Zurück bleiben mehrere tausend Quadratmeter Wohn-, Büro- und Hallenfläche, die das Land Mitte 2016 für fünf Jahre angemietet hatte. Was aus den Räumen wird und ob das Land die Miete auch bei Leerstand an den Eigentümer der Ex-Kaserne wird zahlen müssen, ist fraglich. Bürgermeister Pierre Gilgenast schlug vor, eine Einsatzhundertschaft der Polizei in den Gebäuden zu stationieren. Er bezog sich auf den Kieler Koalitionsvertrag. Bisher gibt es eine solche Spezialeinheit nur in Eutin. „Eine erste Idee, aber nicht die Idee, die ich favorisieren würde“, lautete die in Höflichkeit verpackte Absage von Geerdts. Zunächst werde man die Polizei in der Fläche mit 500 zusätzlichen Beamten bis 2023 stärken.

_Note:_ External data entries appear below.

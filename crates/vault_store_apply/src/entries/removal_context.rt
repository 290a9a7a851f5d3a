//! What a removal reads of the vault beside its entry and their place.
ghost use Rattle.std.specs.Prelude.{◌≡◌, option_map, unwrap_or, IsTrue, IfOk, OnOk};
ghost use Rattle.sqlite.specs.Held.{state};
ghost use Rattle.sqlite.specs.State.{HasCleanDisk};
ghost use Rattle.vault_core_model.specs.declared.records.Tenure.{Tenure};
ghost use Rattle.vault_core_model.specs.Reads.{head_of};
ghost use Rattle.vault_core_model.specs.Vault.{Vault};
ghost use Rattle.vault_store_model.specs.Keeping.{Keeps};
ghost use Rattle.vault_store_model.specs.Known.{AreKnown};
ghost use Rattle.vault_store_model.specs.Sums.{last_tenure_of};
ghost use Rattle.vault_store_reads.specs.Shown.{newest_but};
ghost use Rattle.vault_store_apply.specs.Heads.{holds_no_other};
ghost use Rattle.vault_store_apply.specs.Known.{IsOpen};
ghost use Rattle.vault_store_reads.specs.Quiet.{OnlyReads, IsOpenIfOk, SaysOf};

use sqlite::{Alter, Connection, Error};
use vault_base::moment::Moment;
use vault_base::name::VersionId;
use vault_core_model::records::{Entry, Head, Tenure};
use vault_store_model::known::{Known, is_external};
use vault_store_reads::meta::read_meta;
use vault_store_reads::rows_in_order::reads::{read_last_tenure, read_newest_but};

/// Whether a key with this head holds no entry but that one.
fn holds_no_other(head: Option<Head>, id: VersionId) -> bool
    ensures { result ≡ holds_no_other head id }
{
    match head {
        Some(head) => head.count < 2 && head.newest == id,
        None => true,
    }
}

/// The newest held entry of a key besides the one of that id; where its head names no other, nothing is asked.
fn find_newest_but<S: Alter>(
    conn: &mut Connection<S>,
    entry: &Entry,
    id: VersionId,
    head: Option<Head>,
) -> Result<Option<VersionId>, Error>
    ensures value { SaysOf S.Store conn.old conn.new result (λ v newest. head ≡ head_of v entry.now.bucket entry.now.key → newest ≡ newest_but v entry.now.bucket entry.now.key id) }
    ensures open { HasCleanDisk (state S.Store conn.new) → IsTrue (state S.Store conn.old).is_open → OnOk result (IsTrue (state S.Store conn.new).is_open) }
    ensures read { OnlyReads S.Store conn.old conn.new }
{
    if holds_no_other(head, id) {
        return Ok(None);
    }
    read_newest_but(conn, &entry.bucket, &entry.key, id)
}

/// Since when a tenure is; where there is none, that moment.
fn begin_of(tenure: Option<Tenure>, admitted: Moment) -> Moment
    ensures { result ≡ unwrap_or (option_map (λ (t : Tenure). t.from) tenure) admitted }
{
    match tenure {
        Some(tenure) => tenure.from,
        None => admitted,
    }
}

/// Since when its department has had a version; of a marker, which no department has, its admission.
fn find_begin<S: Alter>(
    conn: &mut Connection<S>,
    entry: &Entry,
    id: VersionId,
) -> Result<Moment, Error>
    ensures value { SaysOf S.Store conn.old conn.new result (λ v since. since ≡ unwrap_or (option_map (λ (t : Tenure). t.from) (last_tenure_of v id)) entry.now.admitted) }
    ensures read { OnlyReads S.Store conn.old conn.new }
{
    let tenure = read_last_tenure(conn, id)?;
    Ok(begin_of(tenure, entry.admitted))
}

/// Whether the vault registers contents that are kept outside, by the tables.
fn ask_external<S: Alter>(conn: &mut Connection<S>) -> Result<bool, Error>
    ensures value { HasCleanDisk (state S.Store conn.new) → IfOk result (λ external. (v : Vault) → Keeps (state S.Store conn.old) v → external ≡ v.external) }
    ensures open { IsOpenIfOk S.Store conn.new result }
    ensures read { OnlyReads S.Store conn.old conn.new }
{
    let meta = read_meta(conn)?;
    Ok(is_external(meta))
}

/// Whether the vault registers contents that are kept outside.
fn find_external<S: Alter>(conn: &mut Connection<S>, known: &Known) -> Result<bool, Error>
    requires { IsOpen S.Store conn.old }
    ensures value { HasCleanDisk (state S.Store conn.new) → IfOk result (λ external. (v : Vault) → Keeps (state S.Store conn.old) v → AreKnown known.now v → external ≡ v.external) }
    ensures open { IsOpenIfOk S.Store conn.new result }
    ensures read { OnlyReads S.Store conn.old conn.new }
{
    match known.meta() {
        Some(meta) => Ok(is_external(meta)),
        None => ask_external(conn),
    }
}

/// The newest held entry of an entry's key besides it, since when its department has had it, and whether
/// the vault registers contents that are kept outside.
#[derive(Clone, Copy)]
pub struct RemovalContext {
    pub newest: Option<VersionId>,
    pub since: Moment,
    pub external: bool,
}

/// Reads that, by the head of the key.
pub fn read_removal_context<S: Alter>(
    conn: &mut Connection<S>,
    known: &Known,
    entry: &Entry,
    id: VersionId,
    head: Option<Head>,
) -> Result<RemovalContext, Error>
    requires { IsOpen S.Store conn.old }
    ensures value { HasCleanDisk (state S.Store conn.new) → IfOk result (λ beside. (v : Vault) → Keeps (state S.Store conn.old) v → AreKnown known.now v
        → head ≡ head_of v entry.now.bucket entry.now.key
        → (beside.newest ≡ newest_but v entry.now.bucket entry.now.key id) × (beside.since ≡ unwrap_or (option_map (λ (t : Tenure). t.from) (last_tenure_of v id)) entry.now.admitted) × (beside.external ≡ v.external)) }
    ensures read { OnlyReads S.Store conn.old conn.new }
{
    let external = find_external(conn, known)?;
    let newest = find_newest_but(conn, entry, id, head)?;
    let since = find_begin(conn, entry, id)?;
    Ok(RemovalContext {
        newest,
        since,
        external,
    })
}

Der Staatssekretär rief die Region am Kanal auf, weitere Vorschläge für die Folgenutzung der Anlage zu machen. „Wir brauchen ein Konzept, mit dem die Stadt Rendsburg und das Umland dauerhaft etwas anfangen kann.“ Gilgenast und Geerdts vereinbarten, zu einem „Runden Tisch Integration“ einzuladen, um die Flüchtlingshilfe weiter anzukurbeln.